The economic consequence of this transition crisis will probably include:
A one-time spike in real interest rates. Debtors will be squeezed as long-term liabilities contracted under the old system are liquidated, and concessionary credits dry up.
The price of gold will probably rise significantly relative to other commodities, no matter which of the alternative government policies predominates. Why? The real price of gold almost always rises in deflation. A deflation, after all, reflects a shortage of liquidity. Gold is the ultimate form of liquidity.
Lower interest rates in the long term. The after-tax returns to savers will sharply increase as resources escape the grasp of governments. Dramatic improvements in the efficiency of resource use, and the liberation of capital to find the highest returns globally, should rapidly compensate for the output lost early in the transition crisis.
Governments facing serious competition to their currency monopolies will probably seek to:
Underprice the for-fee cyber currencies by tightening credits and offering savers higher real yields on cash balances in national currencies.
Remonetize gold as another expedient to meet competition from private currencies. They will reason that they could gain higher seigniorage profits from a loosely controlled nineteenth-century gold standard than would be the case if they allowed their national currency to be displaced entirely by commercial cybermoney.
Of course, not all governments will respond in the same manner.
Significant Social Side Effects ≠ Economic Collapse
Many (including myself) fear the breakdown of income redistribution in the leading nation-states would doom the world to economic collapse. The authors disagree. They argue that governments waste resources on a large scale, and wasting resources makes you poor.
As Lane said, “I would like to suggest the most weighty factor in a period of growth, if any single factor has been most important, has been a reduction in the proportion of resources devoted to war and police.”
In the final decades of the 20th century, it was not uncommon for any government to receive substantially negative returns on its investments. For the first time in history, megapolitical conditions will allow the ablest investors and entrepreneurs control over capital rather than specialists in violence. It is not unreasonable to expect that the rates of return on the dispersed, market-driven investment could double or triple the meager returns from the politically driven budget allocations of the nation-state era.

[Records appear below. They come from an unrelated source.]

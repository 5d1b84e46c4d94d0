// A device that keeps what was asked and told.
ghost use Rattle.std.specs.Prelude.{◌≡◌, ◌≤◌, ◌<◌, ◌++◌, [], ◌∷◌, length, drop, true, All, IfOk, vec_len, vec_capacity};
ghost use Rattle.key_device.specs.HasLineProp.{lines_prop};
ghost use Rattle.key_device.specs.Tape.{is_exchange};
ghost use Rattle.key_device.specs.HasLine.{HasLine};

use crate::has_line::has_line;
use crate::tape_text::tape_text;
use crate::{Ask, DeviceFault, Exchange, KeyDevice, Made, Point, Told};
use mdoc_outside::{Memory, Octets};
use std::alloc::Global;

/// A key device that asks the one it wraps, and keeps each question with what was told.
#[derive(Drop)]
pub struct Recorder<D> {
    device: D,
    talk: Vec<Exchange>,
    alloc: Global,
    ghost lines: { All HasLine talk.items } by { lines_prop talk.items },
}

// Adds an exchange, for which there is room.
#[tactic(auto, using(crate::proofs::WrittenTapes::one_more_line))]
fn keep(talk: &mut Vec<Exchange>, exchange: Exchange)
    requires room { vec_len talk.old < vec_capacity talk.old }
    requires lines { All HasLine talk.old.items }
    requires kind { is_exchange exchange ≡ true }
    ensures added { talk.new.items ≡ talk.old.items ++ exchange ∷ [] }
    ensures lines { All HasLine talk.new.items }
{
    has_line(&exchange);
    talk.push_reserved(exchange);
}

impl<D> Recorder<D> {
    ghost use Rattle.key_device.specs.Recording.{talk, inner};
    ghost use Rattle.key_device.specs.TapeFile.{tape_of};
    ghost use Rattle.key_device.specs.TapeText.{tape_text};

    /// A recorder round a device, with an empty talk.
    pub fn new(alloc: Global, device: D) -> Recorder<D>
        ensures talk { talk result ≡ [] }
        ensures device { inner result ≡ device }
    {
        Recorder {
            device,
            talk: Vec::new(alloc),
            alloc,
        }
    }

    /// What was asked and told so far, each of which a line of a tape file can say.
    pub fn talk(&self) -> &[Exchange]
        ensures talk { result.now ≡ talk self.now }
        ensures lines { All HasLine result.now }
    {
        &self.talk
    }

    /// The tape file of the exchanges from that place on, which is read as these. It refuses for
    /// want of memory alone.
    pub fn tape(&self, from: usize) -> Result<Octets, Memory>
        requires { from ≤ length (talk self.now) }
        ensures text { IfOk result (λ tape. tape ≡ tape_text (drop from (talk self.now))) }
        ensures read { IfOk result (λ tape. tape_of tape ≡ Ok (drop from (talk self.now))) }
    {
        Ok(Octets::from_vec(tape_text(self.alloc, &self.talk[from..])?))
    }
}

impl<D: KeyDevice> KeyDevice for Recorder<D> {
    ghost use Rattle.mdoc_outside.specs.Faults.{HasCause};
    ghost use Rattle.key_device.specs.Asking.{Meets, told_by_fresh, told_by_agree, told_by_sign, told_by_verify};
    ghost use Rattle.key_device.specs.Gave.{Gave};
    ghost use Rattle.key_device.specs.Recording.{inner, Records, IsSameTalk};
    ghost use Rattle.key_device.specs.declared.ask.Ask.TheVariants as asks;
    ghost use Rattle.key_device.specs.declared.device_fault.DeviceFault.TheVariants as faults;

    ghost gives = { Records D.gives };

    ghost unasked = { IsSameTalk D.unasked };

    ghost faults = { λ r. D.faults (inner r) };

    // The trait's clauses, and that the device that was wrapped gave what was told.
    #[tactic(auto, using(crate::proofs::GaveLemmas::leaf_exits))]
    fn fresh(&mut self) -> Result<Made, DeviceFault>
        ensures gives { Meets (Records D.gives) (IsSameTalk D.unasked) self.old (asks.Fresh)
            (told_by_fresh result) self.new }
        ensures cause { HasCause faults.Failed faults.Memory (D.faults (inner self.old))
            (D.faults (inner self.new)) result }
        ensures gave { Gave D.gives D.unasked D.faults self.old self.new }
    {
        self.talk.reserve(1)?;
        let answer = self.device.fresh();
        let told = match answer {
            Ok(made) => Told::Made(made),
            Err(DeviceFault::Failed) => Told::Failed,
            Err(DeviceFault::Memory) => return Err(DeviceFault::Memory),
        };
        keep(
            &mut self.talk,
            Exchange {
                ask: Ask::Fresh,
                told,
            },
        );
        answer
    }

    #[tactic(auto, using(crate::proofs::GaveLemmas::leaf_exits))]
    fn agree(&mut self, key: u32, peer: &Point) -> Result<Option<[u8; 32]>, DeviceFault>
        ensures gives { Meets (Records D.gives) (IsSameTalk D.unasked) self.old (asks.Agree key peer.now)
            (told_by_agree result) self.new }
        ensures cause { HasCause faults.Failed faults.Memory (D.faults (inner self.old))
            (D.faults (inner self.new)) result }
        ensures gave { Gave D.gives D.unasked D.faults self.old self.new }
    {
        self.talk.reserve(1)?;
        let answer = self.device.agree(key, peer);
        let told = match answer {
            Ok(Some(secret)) => Told::Secret(secret),
            Ok(None) => Told::Refused,
            Err(DeviceFault::Failed) => Told::Failed,
            Err(DeviceFault::Memory) => return Err(DeviceFault::Memory),
        };
        keep(
            &mut self.talk,
            Exchange {
                ask: Ask::Agree(key, *peer),
                told,
            },
        );
        answer
    }

    #[tactic(auto, using(crate::proofs::GaveLemmas::leaf_exits))]
    fn sign(&mut self, key: u32, message: &[u8]) -> Result<[u8; 64], DeviceFault>
        ensures gives { Meets (Records D.gives) (IsSameTalk D.unasked) self.old (asks.Sign key message.now)
            (told_by_sign result) self.new }
        ensures cause { HasCause faults.Failed faults.Memory (D.faults (inner self.old))
            (D.faults (inner self.new)) result }
        ensures gave { Gave D.gives D.unasked D.faults self.old self.new }
    {
        self.talk.reserve(1)?;
        let kept = Octets::copy_of(self.alloc, message)?;
        let answer = self.device.sign(key, message);
        let told = match answer {
            Ok(signature) => Told::Signature(signature),
            Err(DeviceFault::Failed) => Told::Failed,
            Err(DeviceFault::Memory) => return Err(DeviceFault::Memory),
        };
        keep(
            &mut self.talk,
            Exchange {
                ask: Ask::Sign(key, kept),
                told,
            },
        );
        answer
    }

    #[tactic(auto, using(crate::proofs::GaveLemmas::leaf_exits))]
    fn verify(
        &mut self,
        public: &Point,
        message: &[u8],
        signature: &[u8; 64],
    ) -> Result<bool, DeviceFault>
        ensures gives { Meets (Records D.gives) (IsSameTalk D.unasked) self.old (asks.Verify public.now message.now signature.now)
            (told_by_verify result) self.new }
        ensures cause { HasCause faults.Failed faults.Memory (D.faults (inner self.old))
            (D.faults (inner self.new)) result }
        ensures gave { Gave D.gives D.unasked D.faults self.old self.new }
    {
        self.talk.reserve(1)?;
        let kept = Octets::copy_of(self.alloc, message)?;
        let answer = self.device.verify(public, message, signature);
        let told = match answer {
            Ok(true) => Told::Yes,
            Ok(false) => Told::No,
            Err(DeviceFault::Failed) => Told::Failed,
            Err(DeviceFault::Memory) => return Err(DeviceFault::Memory),
        };
        keep(
            &mut self.talk,
            Exchange {
                ask: Ask::Verify(*public, kept, *signature),
                told,
            },
        );
        answer
    }
}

Tens of billions, then ultimately hundreds of billions of dollars will be controlled by hundreds of thousands, then millions of Sovereign Individuals. A dramatic improvement in resource use efficiency will arise when governments historically engrossed by governments are controlled instead by persons of “genuine talent.” These new stewards of the world’s wealth are likely to prove far abler than politicians in utilizing resources and deploying investment.